» Information

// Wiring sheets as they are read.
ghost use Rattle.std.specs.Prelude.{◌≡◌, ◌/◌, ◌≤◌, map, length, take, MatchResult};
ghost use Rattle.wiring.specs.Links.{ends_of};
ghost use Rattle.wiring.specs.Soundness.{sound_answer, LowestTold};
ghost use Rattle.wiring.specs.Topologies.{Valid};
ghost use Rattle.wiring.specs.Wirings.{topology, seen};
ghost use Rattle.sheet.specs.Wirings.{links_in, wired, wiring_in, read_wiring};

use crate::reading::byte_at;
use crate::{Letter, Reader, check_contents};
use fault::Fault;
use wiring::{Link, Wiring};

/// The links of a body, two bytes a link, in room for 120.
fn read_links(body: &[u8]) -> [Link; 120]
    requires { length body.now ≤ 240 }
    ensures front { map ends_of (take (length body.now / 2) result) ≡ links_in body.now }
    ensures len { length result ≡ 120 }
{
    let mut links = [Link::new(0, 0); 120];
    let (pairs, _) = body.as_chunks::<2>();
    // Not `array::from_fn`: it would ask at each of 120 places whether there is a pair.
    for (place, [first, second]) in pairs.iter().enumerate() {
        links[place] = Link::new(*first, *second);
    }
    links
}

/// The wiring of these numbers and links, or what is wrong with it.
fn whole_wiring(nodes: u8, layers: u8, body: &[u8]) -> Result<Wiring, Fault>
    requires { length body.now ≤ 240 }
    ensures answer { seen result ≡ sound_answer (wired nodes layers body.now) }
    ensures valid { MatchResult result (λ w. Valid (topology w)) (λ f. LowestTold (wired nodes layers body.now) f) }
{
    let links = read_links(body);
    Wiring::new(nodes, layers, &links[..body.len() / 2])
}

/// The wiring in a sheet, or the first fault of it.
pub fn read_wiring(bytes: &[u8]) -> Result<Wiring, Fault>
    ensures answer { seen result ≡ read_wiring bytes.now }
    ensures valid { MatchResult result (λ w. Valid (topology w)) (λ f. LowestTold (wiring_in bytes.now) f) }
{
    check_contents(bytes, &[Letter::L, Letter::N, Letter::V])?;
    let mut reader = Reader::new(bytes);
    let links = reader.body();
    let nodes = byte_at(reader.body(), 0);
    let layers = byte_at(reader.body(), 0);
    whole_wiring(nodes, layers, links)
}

» Exercise details
All entries must be repeated verbatim.

» Exercise solution
// Wiring sheets as they are read.
ghost use Rattle.std.specs.Prelude.{◌≡◌, ◌/◌, ◌≤◌, map, length, take, MatchResult};
ghost use Rattle.wiring.specs.Links.{ends_of};
ghost use Rattle.wiring.specs.Soundness.{sound_answer, LowestTold};
ghost use Rattle.wiring.specs.Topologies.{Valid};
ghost use Rattle.wiring.specs.Wirings.{topology, seen};
ghost use Rattle.sheet.specs.Wirings.{links_in, wired, wiring_in, read_wiring};

use crate::reading::byte_at;
use crate::{Letter, Reader, check_contents};
use fault::Fault;
use wiring::{Link, Wiring};

/// The links of a body, two bytes a link, in room for 120.
fn read_links(body: &[u8]) -> [Link; 120]
    requires { length body.now ≤ 240 }
    ensures front { map ends_of (take (length body.now / 2) result) ≡ links_in body.now }
    ensures len { length result ≡ 120 }
{
    let mut links = [Link::new(0, 0); 120];
    let (pairs, _) = body.as_chunks::<2>();
    // Not `array::from_fn`: it would ask at each of 120 places whether there is a pair.
    for (place, [first, second]) in pairs.iter().enumerate() {
        links[place] = Link::new(*first, *second);
    }
    links
}

/// The wiring of these numbers and links, or what is wrong with it.
fn whole_wiring(nodes: u8, layers: u8, body: &[u8]) -> Result<Wiring, Fault>
    requires { length body.now ≤ 240 }
    ensures answer { seen result ≡ sound_answer (wired nodes layers body.now) }
    ensures valid { MatchResult result (λ w. Valid (topology w)) (λ f. LowestTold (wired nodes layers body.now) f) }
{
    let links = read_links(body);
    Wiring::new(nodes, layers, &links[..body.len() / 2])
}

/// The wiring in a sheet, or the first fault of it.
pub fn read_wiring(bytes: &[u8]) -> Result<Wiring, Fault>
    ensures answer { seen result ≡ read_wiring bytes.now }
    ensures valid { MatchResult result (λ w. Valid (topology w)) (λ f. LowestTold (wiring_in bytes.now) f) }
{
    check_contents(bytes, &[Letter::L, Letter::N, Letter::V])?;
    let mut reader = Reader::new(bytes);
    let links = reader.body();
    let nodes = byte_at(reader.body(), 0);
    let layers = byte_at(reader.body(), 0);
    whole_wiring(nodes, layers, links)
}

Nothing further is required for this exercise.